Cancer runs in Carbia’s family and she’s had it twice — ovarian and skin cancer. She now has a red spot on her leg that isn’t going away. A dermatologist saw her twice for free but she needs a test she can’t afford. In addition, doctors found a lump during her mammogram six months ago, but need to run an additional scan that costs $1,500, she said.

If the United States is the best country in the world, she says, “we should not struggle for health insurance.”

• Richard Martinez, 60, said he was laid off from the Gold Coast 15 months ago. He has been paying $852 a month for COBRA, the federal law that extends health insurance for up to 18 months after a person loses his job. He says he can’t get insurance because of preexisting health problems: asthma, sinusitis, strokes, high blood pressure and high cholesterol.

• Another Sun reader who didn’t give his name said of his wife, who was laid off from her gemologist job and doesn’t have health insurance: “When you get to be 61 people aren’t in a hurry to hire you even when there are jobs.”

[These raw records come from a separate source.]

ghost use Rattle.std.specs.Prelude.{◌≡◌};
ghost use Rattle.cc_scopes.specs.Elab.{Gives};
ghost use Rattle.cc_scopes.specs.Scope.{context};
ghost use Rattle.cc_declared.specs.Slots as spec;

use crate::role::Role;
use crate::written::{no_type, unknown, written};
use cc_names::StaticRule;
use cc_scopes::{Declared, Scope, Shape, State, Ty};
use cc_tree::{Decl, Expr, TypeName};
use cc_typing::array_length;
use std::alloc::{AllocError, Global};

fn kept(declared: Declared) -> Declared
    ensures { result ≡ spec.kept_by declared.ty declared }
{
    match declared.ty {
        Ty::Void => unknown(),
        _ => declared,
    }
}

fn checked(
    scope: &Scope<'_>,
    state: &mut State,
    is_allowed: bool,
    declared: Declared,
) -> Result<Declared, AllocError>
    ensures { Gives (spec.checked is_allowed (context scope.now) declared state.old) result state.new }
{
    if is_allowed {
        return Ok(declared);
    }
    scope.note_rule(state, StaticRule::BadDeclared)?;
    Ok(kept(declared))
}

#[tactic(auto, unfolding(crate::specs::Slots::typed_as))]
fn typed_as(
    scope: &Scope<'_>,
    state: &mut State,
    role: Role,
    ty: &TypeName,
) -> Result<Declared, AllocError>
    ensures { Gives (spec.typed_as role (context scope.now) ty.now state.old) result state.new }
{
    let declared = written(scope, state, ty)?;
    checked(scope, state, role.allows(scope, declared), declared)
}

fn known_length(length: Option<u32>) -> u32
    ensures { result ≡ spec.known_length length }
{
    match length {
        None => 1,
        Some(length) => length,
    }
}

fn array_of(length: Option<u32>, declared: Declared) -> Declared
    ensures { result ≡ spec.array_of length declared }
{
    Declared {
        shape: Shape::Array(known_length(length)),
        ..declared
    }
}

fn arrayed_by(
    scope: &Scope<'_>,
    state: &mut State,
    declared: Declared,
    length: Option<u32>,
) -> Result<Declared, AllocError>
    ensures { Gives (spec.arrayed_by declared.shape (context scope.now) declared length state.old) result state.new }
{
    match declared.shape {
        Shape::Object(_) => no_type(scope, state, StaticRule::BadDeclared),
        _ => Ok(array_of(length, declared)),
    }
}

#[tactic(auto, unfolding(crate::specs::Slots::arrayed))]
fn arrayed(
    alloc: Global,
    scope: &Scope<'_>,
    state: &mut State,
    declared: Declared,
    length: &Expr,
) -> Result<Declared, AllocError>
    ensures { Gives (spec.arrayed (context scope.now) declared length.now state.old) result state.new }
{
    let length = array_length(alloc, scope, state, length)?;
    arrayed_by(scope, state, declared, length)
}

fn with_length(
    alloc: Global,
    scope: &Scope<'_>,
    state: &mut State,
    declared: Declared,
    length: &Option<Expr>,
) -> Result<Declared, AllocError>
    ensures { Gives (spec.with_length (context scope.now) declared length.now state.old) result state.new }
{
    match length {
        None => Ok(declared),
        Some(length) => arrayed(alloc, scope, state, declared, length),
    }
}

#[tactic(auto, unfolding(crate::specs::Slots::slot))]
fn slot(
    alloc: Global,
    scope: &Scope<'_>,
    state: &mut State,
    role: Role,
    decl: &Decl,
) -> Result<Declared, AllocError>
    ensures { Gives (spec.slot role (context scope.now) decl.now state.old) result state.new }
{
    let declared = typed_as(scope, state, role, &decl.ty)?;
    with_length(alloc, scope, state, declared, &decl.length)
}

/// What a variable is declared as. Its start is not read.
pub fn variable(
    alloc: Global,
    scope: &Scope<'_>,
    state: &mut State,
    decl: &Decl,
) -> Result<Declared, AllocError>
    ensures { Gives (spec.variable (context scope.now) decl.now state.old) result state.new }
{
    slot(alloc, scope, state, Role::Variable, decl)
}

/// What a field is declared as.
pub fn field(
    alloc: Global,
    scope: &Scope<'_>,
    state: &mut State,
    decl: &Decl,
) -> Result<Declared, AllocError>
    ensures { Gives (spec.field (context scope.now) decl.now state.old) result state.new }
{
    slot(alloc, scope, state, Role::Field, decl)
}

/// What a parameter is declared as, by its type.
pub fn parameter(
    scope: &Scope<'_>,
    state: &mut State,
    ty: &TypeName,
) -> Result<Declared, AllocError>
    ensures { Gives (spec.parameter (context scope.now) ty.now state.old) result state.new }
{
    typed_as(scope, state, Role::Parameter, ty)
}

/// The type of the values of what is declared so: of a parameter or a result. An object by value has none.
pub fn value_type(declared: Declared) -> Ty
    ensures { result ≡ spec.value_type declared }
{
    match declared.shape {
        Shape::Object(_) => Ty::Unknown,
        _ => declared.ty,
    }
}

/// What a function returns, by its type.
pub fn returned(scope: &Scope<'_>, state: &mut State, ty: &TypeName) -> Result<Declared, AllocError>
    ensures { Gives (spec.returned (context scope.now) ty.now state.old) result state.new }
{
    typed_as(scope, state, Role::Result, ty)
}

• Arlene Burtnick, 61, said that despite the number of uninsured — the latest U.S. Census estimate is 46.3 million people in 2008, up from an estimated 45.7 million in 2007 — she and others feel powerless. People 45 to 64 years old made up about 10.7 million of the uninsured.

“There’s lots of us out there,” says Burtnick. “But we sit on the sidelines and suffer in silence because there’s nothing we can do.”

Burtnick has been in Las Vegas since 1996 and worked as a dealer for 13 years until she could no longer tolerate cigarette smoke. A widow, she collects $1,360 a month in Social Security benefits and would be financially stricken in a medical emergency. Preventive care is an unaffordable luxury in Burtnick’s world.

“I don’t even have money to go for a yearly mammogram or Pap smear,” she says.

• Frank Scarpa said he was doing well until he hit 62, and then his finances “fell apart.” He had owned a pizza place that was near several car dealerships. The dealers got hit by hard times and laid off their service workers, which cut his pizza deliveries to them from 50 a day to about 15. Scarpa, now 63, had to sell the business. At the same time, he lost his house to foreclosure. He brings in about $1,469 in Social Security but relies on his children to pay his monthly expenses.

A year ago Scarpa had a heart attack. It came two months after he stopped paying for his health insurance and left him with about $88,000 in medical bills. A case worker from Clark County discovered he was eligible for public assistance, and his bills were paid.

Scarpa recognizes the way he’s benefitted from public help, but said he feels conflicted by the health care reform debate taking place in Washington, D.C. He doesn’t believe the government should provide health care to everyone, he said.

“This is a capitalist country; there are winners and losers,” he said. “I just happen to be on the losing side.”